**EXERCISE DETAILS**
Below are the records; copy each line in which "that" occurs.

[Records contained in a dataset]

»»

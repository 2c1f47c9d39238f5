// Members of values without parts.
ghost use Rattle.std.specs.Prelude.{◌≡◌};
ghost use Rattle.cad_evaluation.specs.Arguments.{with_argument, with_arguments};
ghost use Rattle.cad_evaluation.specs.Numbers as numbers;
ghost use Rattle.cad_evaluation.specs.Texts as texts;
ghost use Rattle.cad_outcomes.specs.Outcomes.{Gives};
ghost use Rattle.cad_rows.specs.Views.{pure_row, pure_shape, pure_tree};
ghost use Rattle.cad_value_operations.specs.Code.Members as spec;
ghost use Rattle.cad_value_operations.specs.declared.groups.Group.TheVariants as group;
ghost use Rattle.cad_world.specs.Rows.{Row};

use crate::arguments::argument;
use crate::groups::{AddressMember, Group, NumberMember, TextMember};
use cad_num::Op;
use cad_operators::{Operation, on_numbers};
use cad_outcomes::Stop;
use cad_rows::{Place, Shape, Tree};
use cad_syntax::Address;
use cad_text_operators::{
    address_bytes, address_in, address_text, character_in, identifier, number_bytes, number_text,
    text_bytes, text_copy, text_decoded, text_in, text_joined, text_length, text_slice, type_in,
};
use std::alloc::Global;

/// How many optionals a tree is in.
pub(crate) fn optionals(tree: &Tree) -> u64
    ensures { result ≡ (pure_tree tree.now).optionals }
{
    tree.optionals
}

/// The shape of a tree.
pub(crate) fn shape(tree: &Tree) -> &Shape
    ensures { pure_shape result.now ≡ (pure_tree tree.now).shape }
{
    &tree.shape
}

/// A text, and the argument behind it.
fn concat(alloc: Global, text: &str, row: &[Place]) -> Result<Tree, Stop>
    ensures { Gives pure_tree (with_argument (pure_row row.now) (texts.text_joined text.now)) result }
{
    match argument(row, 0) {
        Some(other) => text_joined(alloc, text, other),
        None => Err(Stop::IllTyped),
    }
}

/// A slice of a text, from one argument up to the other.
fn slice(alloc: Global, text: &str, row: &[Place]) -> Result<Tree, Stop>
    ensures { Gives pure_tree (with_arguments (pure_row row.now) (texts.text_slice text.now)) result }
{
    match argument(row, 0) {
        Some(from) => match argument(row, 1) {
            Some(up_to) => text_slice(alloc, text, from, up_to),
            None => Err(Stop::IllTyped),
        },
        None => Err(Stop::IllTyped),
    }
}

/// A member of a text.
fn of_text(alloc: Global, member: TextMember, text: &str, row: &[Place]) -> Result<Tree, Stop>
    ensures { Gives pure_tree (spec.text_member member text.now (pure_row row.now)) result }
{
    match member {
        TextMember::Length => Ok(text_length(alloc, text)),
        TextMember::Bytes => text_bytes(alloc, text),
        TextMember::Concat => concat(alloc, text, row),
        TextMember::Slice => slice(alloc, text, row),
        TextMember::Decoded => text_decoded(alloc, text),
    }
}

/// A member of the text that a value is.
fn on_text(alloc: Global, member: TextMember, tree: &Tree, row: &[Place]) -> Result<Tree, Stop>
    ensures { Gives pure_tree (spec.leaf_member (group.Text member) (pure_tree tree.now) (pure_row row.now)) result }
{
    match text_in(tree) {
        Some(text) => of_text(alloc, member, text, row),
        None => Err(Stop::IllTyped),
    }
}

/// The character that a value is, as a text.
fn on_character(alloc: Global, tree: &Tree) -> Result<Tree, Stop>
    ensures { (row : Row) → Gives pure_tree (spec.leaf_member group.Character (pure_tree tree.now) row) result }
{
    match character_in(tree) {
        Some(text) => text_copy(alloc, text),
        None => Err(Stop::IllTyped),
    }
}

/// An operation of a number with the argument that stays in the range of its kind.
fn saturated(alloc: Global, op: Op, tree: &Tree, row: &[Place]) -> Result<Tree, Stop>
    ensures { Gives pure_tree (with_argument (pure_row row.now) (numbers.on_numbers (numbers.saturating op) (pure_tree tree.now))) result }
{
    match argument(row, 0) {
        Some(other) => on_numbers(alloc, Operation::Saturation(op), tree, other),
        None => Err(Stop::IllTyped),
    }
}

/// A member of the number that a value is.
fn on_number(alloc: Global, member: NumberMember, tree: &Tree, row: &[Place]) -> Result<Tree, Stop>
    ensures { Gives pure_tree (spec.number_member member (pure_tree tree.now) (pure_row row.now)) result }
{
    match member {
        NumberMember::Told => number_text(alloc, tree),
        NumberMember::Bytes => number_bytes(alloc, tree),
        NumberMember::Saturated(op) => saturated(alloc, op, tree, row),
    }
}

/// A member of an address.
fn of_address(alloc: Global, member: AddressMember, address: Address) -> Result<Tree, Stop>
    ensures { Gives pure_tree (spec.address_member member address) result }
{
    match member {
        AddressMember::Told => address_text(alloc, address),
        AddressMember::Bytes => address_bytes(alloc, address),
    }
}

/// A member of the address that a value is.
fn on_address(alloc: Global, member: AddressMember, tree: &Tree) -> Result<Tree, Stop>
    ensures { (row : Row) → Gives pure_tree (spec.leaf_member (group.Address member) (pure_tree tree.now) row) result }
{
    match address_in(tree) {
        Some(address) => of_address(alloc, member, address),
        None => Err(Stop::IllTyped),
    }
}

/// The text that names the type that a value is.
fn on_type(alloc: Global, tree: &Tree) -> Result<Tree, Stop>
    ensures { (row : Row) → Gives pure_tree (spec.leaf_member group.Identifier (pure_tree tree.now) row) result }
{
    match type_in(tree) {
        Some(own) => identifier(alloc, own),
        None => Err(Stop::IllTyped),
    }
}

/// A member of what a value without parts is; IllTyped of any other group.
pub(crate) fn leaf(alloc: Global, group: Group, tree: &Tree, row: &[Place]) -> Result<Tree, Stop>
    ensures { Gives pure_tree (spec.leaf_member group (pure_tree tree.now) (pure_row row.now)) result }
{
    match group {
        Group::Text(member) => on_text(alloc, member, tree, row),
        Group::Character => on_character(alloc, tree),
        Group::Number(member) => on_number(alloc, member, tree, row),
        Group::Address(member) => on_address(alloc, member, tree),
        Group::Identifier => on_type(alloc, tree),
        _ => Err(Stop::IllTyped),
    }
}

««

**ANSWER TO THIS TASK**
/// A member of the text that a value is.
/// The character that a value is, as a text.
/// An operation of a number with the argument that stays in the range of its kind.
/// A member of the number that a value is.
/// A member of the address that a value is.
/// The text that names the type that a value is.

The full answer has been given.